[[ GIVEN INFORMATION open ]]

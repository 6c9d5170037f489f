//! Which files are left out of the search, by the globs of `--include`, `--exclude` and `--exclude-dir`.
ghost use Rattle.std.specs.Prelude.{◌≡◌, IfOk};
ghost use Rattle.grep_options.specs.Globs.{begins_with_included, decided, is_left_out, rule_fits};

use crate::glob::{Letter, Token, chars_of, letters_of, tokens_of};
use crate::matching::{parts_match, some_tail_matches};
use std::alloc::{AllocError, Global};

/// A glob, and whether files whose names it matches are left in or out.
#[derive(Clone, Copy)]
pub struct Rule<'w> {
    /// The place of the glob among the arguments.
    pub place: usize,
    /// The files are left in, and not out.
    pub included: bool,
    pub glob: &'w str,
}

/// Returns whether these rules leave the name out. The last one that fits it decides. If none does, the name is left
/// out if the first rule says what is left in. A name that is an argument is matched from any slash on, too.
pub fn is_left_out(
    alloc: Global,
    rules: &[Rule<'_>],
    named: bool,
    name: &str,
) -> Result<bool, AllocError>
    ensures { IfOk result (λ out. out ≡ is_left_out named rules.now name.now) }
{
    let text = chars_of(alloc, name)?;
    decide(alloc, rules, named, &text, begins_with_included(rules))
}

/// Returns whether the last one of these rules that fits leaves the name out, or `out` if none fits.
fn decide(
    alloc: Global,
    rules: &[Rule<'_>],
    named: bool,
    text: &[char],
    out: bool,
) -> Result<bool, AllocError>
    ensures { IfOk result (λ decision. decision ≡ decided named text.now out rules.now) }
{
    match rules {
        [] => Ok(out),
        [first, others @ ..] => {
            let fits = rule_fits(alloc, *first, named, text)?;
            let out = if fits { !first.included } else { out };
            decide(alloc, others, named, text, out)
        }
    }
}

/// Returns whether the first rule says what is left in.
fn begins_with_included(rules: &[Rule<'_>]) -> bool
    ensures { result ≡ begins_with_included rules.now }
{
    match rules {
        [] => false,
        [first, ..] => first.included,
    }
}

/// Returns whether the rule fits the name, of these characters.
fn rule_fits(alloc: Global, rule: Rule<'_>, named: bool, text: &[char]) -> Result<bool, AllocError>
    ensures { IfOk result (λ fits. fits ≡ rule_fits named text.now rule.entry) }
{
    let letters = letters_of(alloc, rule.glob)?;
    let tokens = tokens_of(alloc, &letters)?;
    Ok(parts_match(&tokens, text) || named && some_tail_matches(&tokens, text))
}

/// Returns whether a set in the glob has a class, as `[:alpha:]`, which globs do not have here.
pub fn has_class(alloc: Global, glob: &str) -> Result<bool, AllocError> {
    let letters = letters_of(alloc, glob)?;
    let tokens = tokens_of(alloc, &letters)?;
    Ok(tokens.iter().any(|token| begins_class(token)))
}

/// Returns whether a class begins in the set.
fn begins_class(token: &Token<'_>) -> bool {
    match token {
        Token::Set(_, letters) => has_class_start(letters),
        _ => false,
    }
}

/// Returns whether a bracket and one of the characters that begin a class are among these.
fn has_class_start(letters: &[Letter]) -> bool {
    let mut after_bracket = false;
    for letter in letters {
        if after_bracket && matches!(letter.value, ':' | '=' | '.') {
            return true;
        }
        after_bracket = letter.means('[');
    }
    false
}
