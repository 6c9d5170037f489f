//! The values of options that are globs or other texts.
use crate::error::OptionsError;
use crate::rules::{Rule, has_class};
use clap::ArgMatches;
use std::alloc::{AllocError, Global};

/// The options whose values are texts, other than patterns and files.
const TEXTS: &[&str] = &[
    "include",
    "exclude",
    "exclude-dir",
    "label",
    "group-separator",
];

/// Appends the rules of `--include` and `--exclude`, in order, to no rules. Fails if a glob has a class.
pub fn push_file_rules<'w>(
    alloc: Global,
    matches: &ArgMatches<'w>,
    rules: &mut Vec<Rule<'w>>,
) -> Result<(), OptionsError> {
    push_rules(alloc, matches, "include", rules)?;
    push_rules(alloc, matches, "exclude", rules)?;
    rules.sort_by_key(|rule| rule.place)?;
    Ok(())
}

/// Appends the rules of `--exclude-dir`. Fails if a glob has a class.
pub fn push_folder_rules<'w>(
    alloc: Global,
    matches: &ArgMatches<'w>,
    rules: &mut Vec<Rule<'w>>,
) -> Result<(), OptionsError> {
    push_rules(alloc, matches, "exclude-dir", rules)
}

/// Appends a rule for each value of the option. Fails if a glob has a class.
fn push_rules<'w>(
    alloc: Global,
    matches: &ArgMatches<'w>,
    name: &str,
    rules: &mut Vec<Rule<'w>>,
) -> Result<(), OptionsError> {
    let (Some(globs), Some(places)) = (matches.get_strs(name), matches.indices_of(name)) else {
        return Ok(());
    };
    for (glob, place) in globs.iter().zip(places) {
        if has_class(alloc, *glob)? {
            return Err(OptionsError::Class(String::from_str(alloc, *glob)?));
        }
        rules.push(Rule {
            place: *place,
            included: name == "include",
            glob: without_slashes(name, *glob),
        })?;
    }
    Ok(())
}

/// Returns the glob of this option. That of a folder loses slashes at its end.
fn without_slashes<'w>(name: &str, glob: &'w str) -> &'w str {
    if name != "exclude-dir" || glob == "/" {
        return glob;
    }
    glob.trim_end_matches('/')
}

/// Appends the values of options that have to be text.
pub fn push_texts<'w>(
    matches: &ArgMatches<'w>,
    texts: &mut Vec<&'w str>,
) -> Result<(), AllocError> {
    for name in TEXTS {
        if let Some(given) = matches.get_strs(name) {
            texts.extend_from_slice(given)?;
        }
    }
    Ok(())
}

[[ GIVEN INFORMATION closed ]]

[EXERCISE DIRECTIONS] Your answer must be the line that contains "glob.trim_end_matches('/')" and every line after it to the end of the records, reproduced exactly.

[EXERCISE RESULT]
    glob.trim_end_matches('/')
}

/// Appends the values of options that have to be text.
pub fn push_texts<'w>(
    matches: &ArgMatches<'w>,
    texts: &mut Vec<&'w str>,
) -> Result<(), AllocError> {
    for name in TEXTS {
        if let Some(given) = matches.get_strs(name) {
            texts.extend_from_slice(given)?;
        }
    }
    Ok(())
}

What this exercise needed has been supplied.